● EXERCISE AIM
Reproduce the following entries verbatim, each one complete.

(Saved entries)
// Tokens of steps, and numbers.
ghost use Rattle.std.specs.Prelude.{◌≡◌, true, List, ℕ, ◌+◌, ◌<◌, ◌≤◌, max, length, take, Float};
ghost use Rattle.text.specs.Tokens.{class_of};
ghost use Rattle.text.specs.Limited.{Source};
ghost use Rattle.text.specs.Reading.{index_of, with};
ghost use Rattle.text.specs.Survey.{mode_after};
ghost use Rattle.text.specs.Composing.{path_from, point_read, axis_read, test_read, step_ended, number_read, compose_token};
ghost use Rattle.compose.specs.Standing.{mode_of, row_room, value_room, Read, word_number};
ghost use Rattle.compose.specs.Deals.{Roomy, of_step};

use crate::desk::{paths_in, push_frame, settle_frames};
use crate::kinds::{AT, AXIS_NAME, DOT, DOTS, SLASHES};
use crate::mode::is_beginning;
use crate::ops::{
    ABSOLUTE, CHILD, DESCENDANT_OR_SELF, ITSELF, LITERAL_ROW, PARENT, RELATIVE, STEP,
};
use crate::pen::write_row;
use crate::{Bench, Stack, State};
use literals::index_of;
use text::Sort;

// A path begins with this op where an operand is due; behind a step it goes on.
fn path_from(state: State, frames: &mut Stack, op: u32) -> State
    requires { (state.mode < 14) × (state.bench.height < 260) }
    ensures { (result.mode ≡ state.mode) × ((rows : List ℕ) (values : List Float) → Read state rows frames.old.ops frames.old.opens values
        (path_from op) result rows frames.new.ops frames.new.opens values 2) }
{
    if is_beginning(state.mode) {
        let paths = paths_in(&frames.ops, state.bench.height) + 1;
        let bench = push_frame(state.bench, frames, op, 0, 0);
        return State {
            deepest: state.deepest.max(paths),
            bench,
            ..state
        };
    }
    state
}

// A step without predicates.
fn point_token(state: State, mode: usize, axis: u32, rows: &mut [u32]) -> State
    requires { (state.bench.hand.rows < 520) × (length rows.old ≡ row_room) }
    ensures { (result.mode ≡ mode) × ((ops opens : List ℕ) (values : List Float) → Read state rows.old ops opens values
        (point_read (mode_of mode) axis) result rows.new ops opens values 1) }
{
    let hand = state.bench.hand;
    let done = write_row(hand, rows, STEP, hand.link, 0, axis, 0, Sort::Unheld);
    State {
        mode,
        bench: Bench {
            hand: done,
            ..state.bench
        },
        ..state
    }
}

// The axis of the step to come.
fn axis_token(state: State, mode: usize, axis: u32) -> State
    ensures { (result.mode ≡ mode) × ((rows ops opens : List ℕ) (values : List Float) → Read state rows ops opens values
        (axis_read (mode_of mode) axis) result rows ops opens values 0) }
{
    State {
        mode,
        axis,
        ..state
    }
}

// A node test: its step is a row to come.
fn test_token(state: State, mode: usize, test: u32, frames: &mut Stack) -> State
    requires { state.bench.height < 260 }
    ensures { (result.mode ≡ mode) × ((rows : List ℕ) (values : List Float) → Read state rows frames.old.ops frames.old.opens values
        (test_read (mode_of mode) test) result rows frames.new.ops frames.new.opens values 2) }
{
    let bench = push_frame(state.bench, frames, STEP, state.axis, test);
    State {
        mode,
        axis: CHILD,
        bench,
        ..state
    }
}

// `/` and `//` behind a step.
fn step_ended(state: State, rows: &mut [u32], frames: &Stack) -> State
    requires { (state.mode < 14) × Roomy 518 state.bench rows.old }
    ensures { (values : List Float) → Read state rows.old frames.now.ops frames.now.opens values step_ended result
        rows.new frames.now.ops frames.now.opens values 0 }
{
    if is_beginning(state.mode) {
        return state;
    }
    let bench = settle_frames(state.bench, rows, frames, 10);
    State { bench, ..state }
}

// A token of a step of this class, with its number.
pub fn step_token(
    kind: usize,
    number: u32,
    mode: usize,
    state: State,
    rows: &mut [u32],
    frames: &mut Stack,
) -> State
    requires { (state.mode < 14) × (mode_of mode ≡ mode_after (mode_of state.mode) (class_of kind)) × (of_step kind ≡ true)
        × Roomy 514 state.bench rows.old }
    ensures { (result.mode ≡ mode) × ((values : List Float) (s : Source) (i : ℕ) → number ≡ word_number s i kind
        → Read state rows.old frames.old.ops frames.old.opens values (λ w. compose_token s w i (class_of kind)) result
        rows.new frames.new.ops frames.new.opens values 4) }
{
    let begun = path_from(state, frames, RELATIVE);
    match kind {
        DOT => point_token(begun, mode, ITSELF, rows),
        DOTS => point_token(begun, mode, PARENT, rows),
        AT | AXIS_NAME => axis_token(begun, mode, number),
        _ => test_token(begun, mode, number, frames),
    }
}

// `/` and `//`, which is one more step.
pub fn slash_token(
    kind: usize,
    mode: usize,
    state: State,
    rows: &mut [u32],
    frames: &mut Stack,
) -> State
    requires { (state.mode < 14) × (mode_of mode ≡ mode_after (mode_of state.mode) (class_of kind)) × (17 ≤ kind) × (kind ≤ 18)
        × Roomy 514 state.bench rows.old }
    ensures { (result.mode ≡ mode) × ((values : List Float) (s : Source) (i : ℕ)
        → Read state rows.old frames.old.ops frames.old.opens values (λ w. compose_token s w i (class_of kind)) result
        rows.new frames.new.ops frames.new.opens values 4) }
{
    let begun = path_from(state, frames, ABSOLUTE);
    let ended = step_ended(begun, rows, frames);
    if kind == SLASHES {
        return point_token(ended, mode, DESCENDANT_OR_SELF, rows);
    }
    State { mode, ..ended }
}

// A value is kept among the literals if it is new; equal values share one.
fn keep_value(values: &mut [f64], n: usize, index: usize, value: f64) -> usize
    requires { (n < length values.old) × (index ≡ index_of (take n values.old) value) }
    ensures { (take result values.new ≡ with (take n values.old) value) × (n ≤ result) × (result ≤ n + 1) }
{
    if index < n {
        return n;
    }
    values[n] = value;
    n + 1
}

// A number: its row has the index of its literal.
pub fn number_token(
    state: State,
    mode: usize,
    value: f64,
    rows: &mut [u32],
    values: &mut [f64],
) -> State
    requires { (state.bench.hand.rows < 520) × (length rows.old ≡ row_room) × (state.literals < value_room) × (length values.old ≡ value_room) }
    ensures { (result.mode ≡ mode) × ((ops opens : List ℕ) → Read state rows.old ops opens values.old
        (number_read (mode_of mode) value) result rows.new ops opens values.new 1) }
{
    let n = state.literals;
    let index = index_of(values, n, value);
    let literals = keep_value(values, n, index, value);
    let done = write_row(
        state.bench.hand,
        rows,
        LITERAL_ROW,
        index as u32,
        0,
        0,
        0,
        Sort::Numeral,
    );
    State {
        mode,
        literals,
        bench: Bench {
            hand: done,
            ..state.bench
        },
        ..state
    }
}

● SOLUTION FOR THIS PROBLEM
// Tokens of steps, and numbers.
ghost use Rattle.std.specs.Prelude.{◌≡◌, true, List, ℕ, ◌+◌, ◌<◌, ◌≤◌, max, length, take, Float};
ghost use Rattle.text.specs.Tokens.{class_of};
ghost use Rattle.text.specs.Limited.{Source};
ghost use Rattle.text.specs.Reading.{index_of, with};
ghost use Rattle.text.specs.Survey.{mode_after};
ghost use Rattle.text.specs.Composing.{path_from, point_read, axis_read, test_read, step_ended, number_read, compose_token};
ghost use Rattle.compose.specs.Standing.{mode_of, row_room, value_room, Read, word_number};
ghost use Rattle.compose.specs.Deals.{Roomy, of_step};

use crate::desk::{paths_in, push_frame, settle_frames};
use crate::kinds::{AT, AXIS_NAME, DOT, DOTS, SLASHES};
use crate::mode::is_beginning;
use crate::ops::{
    ABSOLUTE, CHILD, DESCENDANT_OR_SELF, ITSELF, LITERAL_ROW, PARENT, RELATIVE, STEP,
};
use crate::pen::write_row;
use crate::{Bench, Stack, State};
use literals::index_of;
use text::Sort;

// A path begins with this op where an operand is due; behind a step it goes on.
fn path_from(state: State, frames: &mut Stack, op: u32) -> State
    requires { (state.mode < 14) × (state.bench.height < 260) }
    ensures { (result.mode ≡ state.mode) × ((rows : List ℕ) (values : List Float) → Read state rows frames.old.ops frames.old.opens values
        (path_from op) result rows frames.new.ops frames.new.opens values 2) }
{
    if is_beginning(state.mode) {
        let paths = paths_in(&frames.ops, state.bench.height) + 1;
        let bench = push_frame(state.bench, frames, op, 0, 0);
        return State {
            deepest: state.deepest.max(paths),
            bench,
            ..state
        };
    }
    state
}

// A step without predicates.
fn point_token(state: State, mode: usize, axis: u32, rows: &mut [u32]) -> State
    requires { (state.bench.hand.rows < 520) × (length rows.old ≡ row_room) }
    ensures { (result.mode ≡ mode) × ((ops opens : List ℕ) (values : List Float) → Read state rows.old ops opens values
        (point_read (mode_of mode) axis) result rows.new ops opens values 1) }
{
    let hand = state.bench.hand;
    let done = write_row(hand, rows, STEP, hand.link, 0, axis, 0, Sort::Unheld);
    State {
        mode,
        bench: Bench {
            hand: done,
            ..state.bench
        },
        ..state
    }
}

// The axis of the step to come.
fn axis_token(state: State, mode: usize, axis: u32) -> State
    ensures { (result.mode ≡ mode) × ((rows ops opens : List ℕ) (values : List Float) → Read state rows ops opens values
        (axis_read (mode_of mode) axis) result rows ops opens values 0) }
{
    State {
        mode,
        axis,
        ..state
    }
}

// A node test: its step is a row to come.
fn test_token(state: State, mode: usize, test: u32, frames: &mut Stack) -> State
    requires { state.bench.height < 260 }
    ensures { (result.mode ≡ mode) × ((rows : List ℕ) (values : List Float) → Read state rows frames.old.ops frames.old.opens values
        (test_read (mode_of mode) test) result rows frames.new.ops frames.new.opens values 2) }
{
    let bench = push_frame(state.bench, frames, STEP, state.axis, test);
    State {
        mode,
        axis: CHILD,
        bench,
        ..state
    }
}

// `/` and `//` behind a step.
fn step_ended(state: State, rows: &mut [u32], frames: &Stack) -> State
    requires { (state.mode < 14) × Roomy 518 state.bench rows.old }
    ensures { (values : List Float) → Read state rows.old frames.now.ops frames.now.opens values step_ended result
        rows.new frames.now.ops frames.now.opens values 0 }
{
    if is_beginning(state.mode) {
        return state;
    }
    let bench = settle_frames(state.bench, rows, frames, 10);
    State { bench, ..state }
}

// A token of a step of this class, with its number.
pub fn step_token(
    kind: usize,
    number: u32,
    mode: usize,
    state: State,
    rows: &mut [u32],
    frames: &mut Stack,
) -> State
    requires { (state.mode < 14) × (mode_of mode ≡ mode_after (mode_of state.mode) (class_of kind)) × (of_step kind ≡ true)
        × Roomy 514 state.bench rows.old }
    ensures { (result.mode ≡ mode) × ((values : List Float) (s : Source) (i : ℕ) → number ≡ word_number s i kind
        → Read state rows.old frames.old.ops frames.old.opens values (λ w. compose_token s w i (class_of kind)) result
        rows.new frames.new.ops frames.new.opens values 4) }
{
    let begun = path_from(state, frames, RELATIVE);
    match kind {
        DOT => point_token(begun, mode, ITSELF, rows),
        DOTS => point_token(begun, mode, PARENT, rows),
        AT | AXIS_NAME => axis_token(begun, mode, number),
        _ => test_token(begun, mode, number, frames),
    }
}

// `/` and `//`, which is one more step.
pub fn slash_token(
    kind: usize,
    mode: usize,
    state: State,
    rows: &mut [u32],
    frames: &mut Stack,
) -> State
    requires { (state.mode < 14) × (mode_of mode ≡ mode_after (mode_of state.mode) (class_of kind)) × (17 ≤ kind) × (kind ≤ 18)
        × Roomy 514 state.bench rows.old }
    ensures { (result.mode ≡ mode) × ((values : List Float) (s : Source) (i : ℕ)
        → Read state rows.old frames.old.ops frames.old.opens values (λ w. compose_token s w i (class_of kind)) result
        rows.new frames.new.ops frames.new.opens values 4) }
{
    let begun = path_from(state, frames, ABSOLUTE);
    let ended = step_ended(begun, rows, frames);
    if kind == SLASHES {
        return point_token(ended, mode, DESCENDANT_OR_SELF, rows);
    }
    State { mode, ..ended }
}

// A value is kept among the literals if it is new; equal values share one.
fn keep_value(values: &mut [f64], n: usize, index: usize, value: f64) -> usize
    requires { (n < length values.old) × (index ≡ index_of (take n values.old) value) }
    ensures { (take result values.new ≡ with (take n values.old) value) × (n ≤ result) × (result ≤ n + 1) }
{
    if index < n {
        return n;
    }
    values[n] = value;
    n + 1
}

// A number: its row has the index of its literal.
pub fn number_token(
    state: State,
    mode: usize,
    value: f64,
    rows: &mut [u32],
    values: &mut [f64],
) -> State
    requires { (state.bench.hand.rows < 520) × (length rows.old ≡ row_room) × (state.literals < value_room) × (length values.old ≡ value_room) }
    ensures { (result.mode ≡ mode) × ((ops opens : List ℕ) → Read state rows.old ops opens values.old
        (number_read (mode_of mode) value) result rows.new ops opens values.new 1) }
{
    let n = state.literals;
    let index = index_of(values, n, value);
    let literals = keep_value(values, n, index, value);
    let done = write_row(
        state.bench.hand,
        rows,
        LITERAL_ROW,
        index as u32,
        0,
        0,
        0,
        Sort::Numeral,
    );
    State {
        mode,
        literals,
        bench: Bench {
            hand: done,
            ..state.bench
        },
        ..state
    }
}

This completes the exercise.